What to produce:
Restate word for word the lines of the data below, from the first through the one that has "pub(crate) fn open(alloc: Global, size: usize)".
──────── Material for the task ────────
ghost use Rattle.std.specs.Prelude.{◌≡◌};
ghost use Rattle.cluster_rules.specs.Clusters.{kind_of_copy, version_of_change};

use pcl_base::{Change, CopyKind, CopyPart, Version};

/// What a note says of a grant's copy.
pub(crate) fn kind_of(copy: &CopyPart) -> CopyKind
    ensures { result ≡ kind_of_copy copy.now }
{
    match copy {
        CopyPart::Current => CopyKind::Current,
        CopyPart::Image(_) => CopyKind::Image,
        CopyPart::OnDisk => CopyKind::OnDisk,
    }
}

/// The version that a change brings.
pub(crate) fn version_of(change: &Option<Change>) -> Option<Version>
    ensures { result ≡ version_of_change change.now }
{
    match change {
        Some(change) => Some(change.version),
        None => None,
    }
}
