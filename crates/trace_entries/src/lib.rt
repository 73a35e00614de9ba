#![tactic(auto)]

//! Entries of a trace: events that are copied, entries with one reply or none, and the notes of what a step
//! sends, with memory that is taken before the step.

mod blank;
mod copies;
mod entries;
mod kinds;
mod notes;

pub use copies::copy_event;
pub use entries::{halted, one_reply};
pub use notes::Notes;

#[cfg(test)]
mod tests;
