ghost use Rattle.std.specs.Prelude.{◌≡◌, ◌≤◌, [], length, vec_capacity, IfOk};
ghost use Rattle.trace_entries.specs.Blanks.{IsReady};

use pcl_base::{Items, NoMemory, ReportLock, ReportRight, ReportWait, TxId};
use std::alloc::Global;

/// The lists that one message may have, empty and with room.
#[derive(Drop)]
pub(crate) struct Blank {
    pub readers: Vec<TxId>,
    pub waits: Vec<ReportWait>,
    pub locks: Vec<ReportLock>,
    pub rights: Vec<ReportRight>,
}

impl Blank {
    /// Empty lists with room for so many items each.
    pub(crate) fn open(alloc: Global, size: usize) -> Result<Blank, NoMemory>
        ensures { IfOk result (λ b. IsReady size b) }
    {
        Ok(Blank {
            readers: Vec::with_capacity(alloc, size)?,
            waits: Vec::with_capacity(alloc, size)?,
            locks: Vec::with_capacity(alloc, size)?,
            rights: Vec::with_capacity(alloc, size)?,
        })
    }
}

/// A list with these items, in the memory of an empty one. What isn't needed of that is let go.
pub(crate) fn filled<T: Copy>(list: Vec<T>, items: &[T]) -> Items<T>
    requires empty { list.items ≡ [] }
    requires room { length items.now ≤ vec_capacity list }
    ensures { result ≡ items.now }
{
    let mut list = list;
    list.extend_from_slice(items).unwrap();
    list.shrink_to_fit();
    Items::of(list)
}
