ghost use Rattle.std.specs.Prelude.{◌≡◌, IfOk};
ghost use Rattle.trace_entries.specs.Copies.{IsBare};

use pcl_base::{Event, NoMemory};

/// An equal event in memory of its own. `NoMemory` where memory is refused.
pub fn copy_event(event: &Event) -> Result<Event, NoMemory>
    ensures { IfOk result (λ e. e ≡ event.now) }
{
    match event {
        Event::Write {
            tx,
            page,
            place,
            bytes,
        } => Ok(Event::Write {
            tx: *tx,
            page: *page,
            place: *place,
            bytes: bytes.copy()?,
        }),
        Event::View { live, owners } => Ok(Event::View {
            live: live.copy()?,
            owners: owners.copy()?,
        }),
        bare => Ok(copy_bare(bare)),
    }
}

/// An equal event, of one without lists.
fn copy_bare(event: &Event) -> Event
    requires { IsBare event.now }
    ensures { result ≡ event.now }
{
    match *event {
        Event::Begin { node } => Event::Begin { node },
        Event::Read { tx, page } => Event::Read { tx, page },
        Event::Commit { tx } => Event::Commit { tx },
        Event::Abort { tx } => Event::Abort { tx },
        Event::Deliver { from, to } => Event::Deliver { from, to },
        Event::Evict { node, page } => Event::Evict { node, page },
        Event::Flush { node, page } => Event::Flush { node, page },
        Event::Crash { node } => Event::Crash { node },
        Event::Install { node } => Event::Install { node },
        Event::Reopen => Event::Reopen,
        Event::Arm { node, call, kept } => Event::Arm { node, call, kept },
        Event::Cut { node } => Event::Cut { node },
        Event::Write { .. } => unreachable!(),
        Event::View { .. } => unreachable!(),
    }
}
────────
Written answer:
ghost use Rattle.std.specs.Prelude.{◌≡◌};
ghost use Rattle.cluster_rules.specs.Clusters.{kind_of_copy, version_of_change};

use pcl_base::{Change, CopyKind, CopyPart, Version};

/// What a note says of a grant's copy.
pub(crate) fn kind_of(copy: &CopyPart) -> CopyKind
    ensures { result ≡ kind_of_copy copy.now }
{
    match copy {
        CopyPart::Current => CopyKind::Current,
        CopyPart::Image(_) => CopyKind::Image,
        CopyPart::OnDisk => CopyKind::OnDisk,
    }
}

/// The version that a change brings.
pub(crate) fn version_of(change: &Option<Change>) -> Option<Version>
    ensures { result ≡ version_of_change change.now }
{
    match change {
        Some(change) => Some(change.version),
        None => None,
    }
}
filename crates/trace_entries/src/lib.rt
repository 73a35e00614de9ba
#![tactic(auto)]

//! Entries of a trace: events that are copied, entries with one reply or none, and the notes of what a step
//! sends, with memory that is taken before the step.

mod blank;
mod copies;
mod entries;
mod kinds;
mod notes;

pub use copies::copy_event;
pub use entries::{halted, one_reply};
pub use notes::Notes;

#[cfg(test)]
mod tests;
ghost use Rattle.std.specs.Prelude.{◌≡◌, ◌≤◌, [], length, vec_capacity, IfOk};
ghost use Rattle.trace_entries.specs.Blanks.{IsReady};

use pcl_base::{Items, NoMemory, ReportLock, ReportRight, ReportWait, TxId};
use std::alloc::Global;

/// The lists that one message may have, empty and with room.
#[derive(Drop)]
pub(crate) struct Blank {
    pub readers: Vec<TxId>,
    pub waits: Vec<ReportWait>,
    pub locks: Vec<ReportLock>,
    pub rights: Vec<ReportRight>,
}

impl Blank {
    /// Empty lists with room for so many items each.
    pub(crate) fn open(alloc: Global, size: usize) -> Result<Blank, NoMemory>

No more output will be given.